• SOURCE RECORDS:
+++

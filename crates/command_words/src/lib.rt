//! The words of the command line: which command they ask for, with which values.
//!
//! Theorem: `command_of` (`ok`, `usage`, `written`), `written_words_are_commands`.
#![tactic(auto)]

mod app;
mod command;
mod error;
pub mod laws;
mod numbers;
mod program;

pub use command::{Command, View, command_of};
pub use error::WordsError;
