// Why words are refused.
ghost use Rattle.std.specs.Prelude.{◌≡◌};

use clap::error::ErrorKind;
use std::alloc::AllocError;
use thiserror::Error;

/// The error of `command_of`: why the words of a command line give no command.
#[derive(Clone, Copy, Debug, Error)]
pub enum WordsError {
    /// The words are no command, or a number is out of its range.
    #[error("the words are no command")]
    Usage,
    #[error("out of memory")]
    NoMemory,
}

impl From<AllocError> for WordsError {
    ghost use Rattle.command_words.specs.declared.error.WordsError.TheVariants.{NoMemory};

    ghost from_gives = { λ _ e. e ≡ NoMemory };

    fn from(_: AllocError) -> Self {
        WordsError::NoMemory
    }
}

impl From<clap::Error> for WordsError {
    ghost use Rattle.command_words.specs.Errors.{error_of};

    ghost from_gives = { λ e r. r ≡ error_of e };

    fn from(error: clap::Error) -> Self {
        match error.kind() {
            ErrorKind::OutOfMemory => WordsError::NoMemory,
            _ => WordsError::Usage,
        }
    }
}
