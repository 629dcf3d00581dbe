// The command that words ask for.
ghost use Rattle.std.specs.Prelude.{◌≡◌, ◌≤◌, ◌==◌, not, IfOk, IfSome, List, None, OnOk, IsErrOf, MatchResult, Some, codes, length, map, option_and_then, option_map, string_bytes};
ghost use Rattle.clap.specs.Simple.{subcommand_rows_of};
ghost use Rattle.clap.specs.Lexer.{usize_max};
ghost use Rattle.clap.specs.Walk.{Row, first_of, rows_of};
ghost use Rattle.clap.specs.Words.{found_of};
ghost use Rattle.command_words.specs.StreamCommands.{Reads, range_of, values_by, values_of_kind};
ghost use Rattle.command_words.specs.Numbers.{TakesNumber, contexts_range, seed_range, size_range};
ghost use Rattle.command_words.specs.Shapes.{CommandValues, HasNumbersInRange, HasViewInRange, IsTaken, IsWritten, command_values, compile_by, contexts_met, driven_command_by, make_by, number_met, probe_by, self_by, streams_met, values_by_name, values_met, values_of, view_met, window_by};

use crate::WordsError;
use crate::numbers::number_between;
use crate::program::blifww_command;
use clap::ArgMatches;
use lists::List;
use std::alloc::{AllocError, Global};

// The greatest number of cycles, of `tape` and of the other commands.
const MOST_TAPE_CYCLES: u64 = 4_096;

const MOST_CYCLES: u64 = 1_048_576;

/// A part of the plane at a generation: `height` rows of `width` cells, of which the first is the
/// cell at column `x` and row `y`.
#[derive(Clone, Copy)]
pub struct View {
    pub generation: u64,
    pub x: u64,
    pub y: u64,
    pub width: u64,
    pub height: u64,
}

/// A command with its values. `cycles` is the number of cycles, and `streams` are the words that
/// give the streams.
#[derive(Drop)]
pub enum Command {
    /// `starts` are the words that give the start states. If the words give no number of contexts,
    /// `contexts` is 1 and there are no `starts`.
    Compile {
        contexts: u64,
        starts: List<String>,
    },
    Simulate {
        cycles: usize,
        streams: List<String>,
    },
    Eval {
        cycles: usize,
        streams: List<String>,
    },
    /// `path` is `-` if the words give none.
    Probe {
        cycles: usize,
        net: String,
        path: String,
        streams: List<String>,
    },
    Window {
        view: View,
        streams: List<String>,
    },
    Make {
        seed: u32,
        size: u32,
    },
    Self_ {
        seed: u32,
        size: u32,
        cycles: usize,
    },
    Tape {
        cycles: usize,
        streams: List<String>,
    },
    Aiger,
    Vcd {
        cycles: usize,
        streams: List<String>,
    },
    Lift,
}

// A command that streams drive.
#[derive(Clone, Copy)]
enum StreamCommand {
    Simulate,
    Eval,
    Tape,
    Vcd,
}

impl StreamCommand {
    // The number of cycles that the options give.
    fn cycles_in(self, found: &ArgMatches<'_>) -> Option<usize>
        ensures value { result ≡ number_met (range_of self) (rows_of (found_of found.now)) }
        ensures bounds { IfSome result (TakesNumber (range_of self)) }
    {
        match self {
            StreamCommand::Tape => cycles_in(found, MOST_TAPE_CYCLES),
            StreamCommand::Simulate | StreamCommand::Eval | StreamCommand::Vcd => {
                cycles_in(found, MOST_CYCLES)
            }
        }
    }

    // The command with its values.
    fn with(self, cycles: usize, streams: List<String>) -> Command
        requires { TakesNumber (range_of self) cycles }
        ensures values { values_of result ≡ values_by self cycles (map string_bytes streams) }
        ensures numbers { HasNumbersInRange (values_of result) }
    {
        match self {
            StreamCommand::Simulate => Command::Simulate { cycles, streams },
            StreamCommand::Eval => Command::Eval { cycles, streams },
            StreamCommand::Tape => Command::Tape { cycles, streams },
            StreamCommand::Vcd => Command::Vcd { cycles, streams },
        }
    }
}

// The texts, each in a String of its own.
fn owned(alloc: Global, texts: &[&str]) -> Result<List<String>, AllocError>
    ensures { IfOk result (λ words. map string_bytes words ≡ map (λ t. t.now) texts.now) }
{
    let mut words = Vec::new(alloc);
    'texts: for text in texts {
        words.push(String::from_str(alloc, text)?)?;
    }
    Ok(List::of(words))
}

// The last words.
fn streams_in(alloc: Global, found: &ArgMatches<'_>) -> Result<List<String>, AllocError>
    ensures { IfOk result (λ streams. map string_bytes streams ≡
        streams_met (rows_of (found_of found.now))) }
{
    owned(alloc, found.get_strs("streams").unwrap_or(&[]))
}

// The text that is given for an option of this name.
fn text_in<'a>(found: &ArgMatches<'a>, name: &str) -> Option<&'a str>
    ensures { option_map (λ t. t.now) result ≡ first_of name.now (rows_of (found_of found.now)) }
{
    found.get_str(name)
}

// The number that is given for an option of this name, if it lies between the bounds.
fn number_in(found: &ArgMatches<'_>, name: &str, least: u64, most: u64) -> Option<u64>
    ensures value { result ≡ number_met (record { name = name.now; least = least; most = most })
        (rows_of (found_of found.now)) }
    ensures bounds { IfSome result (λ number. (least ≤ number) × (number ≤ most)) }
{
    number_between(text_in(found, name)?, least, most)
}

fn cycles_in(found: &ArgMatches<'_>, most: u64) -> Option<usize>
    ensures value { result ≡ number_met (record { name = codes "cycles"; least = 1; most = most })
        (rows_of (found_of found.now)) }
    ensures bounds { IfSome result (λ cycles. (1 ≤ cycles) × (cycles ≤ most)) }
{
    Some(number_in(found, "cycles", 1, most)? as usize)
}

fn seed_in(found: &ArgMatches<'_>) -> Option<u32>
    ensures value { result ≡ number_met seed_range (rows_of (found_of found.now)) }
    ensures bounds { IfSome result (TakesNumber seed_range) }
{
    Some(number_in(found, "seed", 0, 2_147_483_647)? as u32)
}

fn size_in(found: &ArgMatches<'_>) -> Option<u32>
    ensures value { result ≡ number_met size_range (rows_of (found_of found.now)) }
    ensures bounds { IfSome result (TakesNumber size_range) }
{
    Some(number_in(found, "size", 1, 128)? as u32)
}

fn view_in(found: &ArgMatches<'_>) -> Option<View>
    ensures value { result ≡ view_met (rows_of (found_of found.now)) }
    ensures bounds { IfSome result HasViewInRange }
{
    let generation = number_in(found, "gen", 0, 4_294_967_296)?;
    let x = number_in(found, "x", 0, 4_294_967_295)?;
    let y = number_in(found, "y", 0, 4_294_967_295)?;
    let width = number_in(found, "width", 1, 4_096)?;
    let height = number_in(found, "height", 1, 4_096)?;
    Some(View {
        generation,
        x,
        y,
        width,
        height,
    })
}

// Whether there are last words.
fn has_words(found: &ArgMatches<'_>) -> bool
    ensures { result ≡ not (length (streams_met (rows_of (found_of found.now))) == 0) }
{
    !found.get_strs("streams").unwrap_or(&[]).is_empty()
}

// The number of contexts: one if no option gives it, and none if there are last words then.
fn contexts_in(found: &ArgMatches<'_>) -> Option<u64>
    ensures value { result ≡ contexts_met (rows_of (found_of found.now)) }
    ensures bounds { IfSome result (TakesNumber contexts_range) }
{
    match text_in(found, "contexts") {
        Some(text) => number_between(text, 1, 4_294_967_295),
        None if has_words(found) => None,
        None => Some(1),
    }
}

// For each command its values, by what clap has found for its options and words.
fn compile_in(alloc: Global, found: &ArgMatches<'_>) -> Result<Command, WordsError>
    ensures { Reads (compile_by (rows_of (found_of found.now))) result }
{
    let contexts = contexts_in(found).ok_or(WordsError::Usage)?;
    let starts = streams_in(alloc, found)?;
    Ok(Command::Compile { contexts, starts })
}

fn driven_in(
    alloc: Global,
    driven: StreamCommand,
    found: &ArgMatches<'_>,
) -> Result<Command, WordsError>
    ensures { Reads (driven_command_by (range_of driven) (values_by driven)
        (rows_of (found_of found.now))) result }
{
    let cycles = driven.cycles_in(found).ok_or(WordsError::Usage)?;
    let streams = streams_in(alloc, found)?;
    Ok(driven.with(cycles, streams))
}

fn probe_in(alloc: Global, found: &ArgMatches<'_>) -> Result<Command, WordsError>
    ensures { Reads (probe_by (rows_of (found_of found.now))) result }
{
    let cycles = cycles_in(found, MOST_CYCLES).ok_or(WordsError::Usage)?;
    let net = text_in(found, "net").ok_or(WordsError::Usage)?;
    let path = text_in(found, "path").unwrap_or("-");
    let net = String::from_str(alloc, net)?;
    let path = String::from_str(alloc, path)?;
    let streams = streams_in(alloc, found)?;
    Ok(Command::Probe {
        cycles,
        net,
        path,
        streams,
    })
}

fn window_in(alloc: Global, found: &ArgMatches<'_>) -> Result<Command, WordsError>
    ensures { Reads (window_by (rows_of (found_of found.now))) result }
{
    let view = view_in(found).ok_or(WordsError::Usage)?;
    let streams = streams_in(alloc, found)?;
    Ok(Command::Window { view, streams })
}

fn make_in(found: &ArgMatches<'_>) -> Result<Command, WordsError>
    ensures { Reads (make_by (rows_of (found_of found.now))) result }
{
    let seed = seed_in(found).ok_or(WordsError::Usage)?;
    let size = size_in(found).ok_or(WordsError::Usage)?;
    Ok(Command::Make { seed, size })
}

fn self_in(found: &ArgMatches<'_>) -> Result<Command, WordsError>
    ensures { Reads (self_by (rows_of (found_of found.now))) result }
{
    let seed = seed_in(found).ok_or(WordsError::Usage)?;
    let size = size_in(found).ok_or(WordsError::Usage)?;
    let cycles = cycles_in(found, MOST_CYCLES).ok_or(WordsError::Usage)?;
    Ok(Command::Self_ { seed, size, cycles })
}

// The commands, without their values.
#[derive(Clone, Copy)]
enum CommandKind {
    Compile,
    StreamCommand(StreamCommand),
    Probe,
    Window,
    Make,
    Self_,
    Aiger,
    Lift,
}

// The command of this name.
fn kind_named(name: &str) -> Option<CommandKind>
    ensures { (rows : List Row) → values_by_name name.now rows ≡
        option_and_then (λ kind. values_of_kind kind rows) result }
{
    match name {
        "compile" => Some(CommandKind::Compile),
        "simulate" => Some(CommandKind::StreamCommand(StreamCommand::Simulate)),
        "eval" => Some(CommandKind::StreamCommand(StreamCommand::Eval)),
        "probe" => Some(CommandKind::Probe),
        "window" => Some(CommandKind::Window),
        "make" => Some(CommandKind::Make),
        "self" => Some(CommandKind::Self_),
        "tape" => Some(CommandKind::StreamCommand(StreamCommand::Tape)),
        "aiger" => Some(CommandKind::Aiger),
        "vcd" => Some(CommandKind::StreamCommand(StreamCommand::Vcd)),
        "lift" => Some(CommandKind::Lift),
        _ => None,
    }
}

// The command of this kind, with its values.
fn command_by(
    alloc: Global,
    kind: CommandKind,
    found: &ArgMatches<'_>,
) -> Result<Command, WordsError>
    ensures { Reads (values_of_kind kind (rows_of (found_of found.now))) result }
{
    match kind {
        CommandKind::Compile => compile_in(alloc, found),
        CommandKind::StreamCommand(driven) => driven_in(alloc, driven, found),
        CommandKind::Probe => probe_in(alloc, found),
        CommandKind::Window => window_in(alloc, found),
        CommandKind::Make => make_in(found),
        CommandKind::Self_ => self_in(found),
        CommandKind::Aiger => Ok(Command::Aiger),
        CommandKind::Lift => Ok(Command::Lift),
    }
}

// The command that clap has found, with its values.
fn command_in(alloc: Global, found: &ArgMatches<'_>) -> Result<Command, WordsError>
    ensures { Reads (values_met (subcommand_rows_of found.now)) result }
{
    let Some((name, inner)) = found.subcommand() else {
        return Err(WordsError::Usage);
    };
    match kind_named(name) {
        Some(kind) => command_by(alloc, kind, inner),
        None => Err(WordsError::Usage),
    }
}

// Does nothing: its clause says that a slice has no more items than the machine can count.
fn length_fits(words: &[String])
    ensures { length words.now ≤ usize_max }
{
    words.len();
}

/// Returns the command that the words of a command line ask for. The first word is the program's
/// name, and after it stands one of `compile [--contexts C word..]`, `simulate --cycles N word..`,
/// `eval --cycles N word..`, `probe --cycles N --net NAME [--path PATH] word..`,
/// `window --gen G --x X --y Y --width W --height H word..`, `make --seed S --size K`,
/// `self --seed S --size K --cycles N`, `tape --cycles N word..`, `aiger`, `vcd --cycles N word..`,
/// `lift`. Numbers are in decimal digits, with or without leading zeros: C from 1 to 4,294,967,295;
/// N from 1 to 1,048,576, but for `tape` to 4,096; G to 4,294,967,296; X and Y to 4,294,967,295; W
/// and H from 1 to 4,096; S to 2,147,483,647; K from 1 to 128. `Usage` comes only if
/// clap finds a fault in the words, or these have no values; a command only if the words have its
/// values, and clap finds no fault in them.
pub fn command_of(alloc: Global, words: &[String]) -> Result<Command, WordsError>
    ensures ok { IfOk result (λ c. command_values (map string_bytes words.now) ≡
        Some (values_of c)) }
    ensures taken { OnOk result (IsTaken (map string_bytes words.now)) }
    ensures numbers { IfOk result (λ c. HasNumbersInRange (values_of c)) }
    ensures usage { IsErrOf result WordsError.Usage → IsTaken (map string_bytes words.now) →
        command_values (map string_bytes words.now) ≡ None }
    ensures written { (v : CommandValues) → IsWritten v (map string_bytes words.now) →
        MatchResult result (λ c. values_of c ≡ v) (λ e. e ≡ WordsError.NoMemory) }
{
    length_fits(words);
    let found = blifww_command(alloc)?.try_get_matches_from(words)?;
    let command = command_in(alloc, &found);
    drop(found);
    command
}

+++

• TASK GOAL: When a line of the records includes "IsErrOf", that line belongs in the answer.

• ANSWER FOR THIS EXERCISE:
ghost use Rattle.std.specs.Prelude.{◌≡◌, ◌≤◌, ◌==◌, not, IfOk, IfSome, List, None, OnOk, IsErrOf, MatchResult, Some, codes, length, map, option_and_then, option_map, string_bytes};
    ensures usage { IsErrOf result WordsError.Usage → IsTaken (map string_bytes words.now) →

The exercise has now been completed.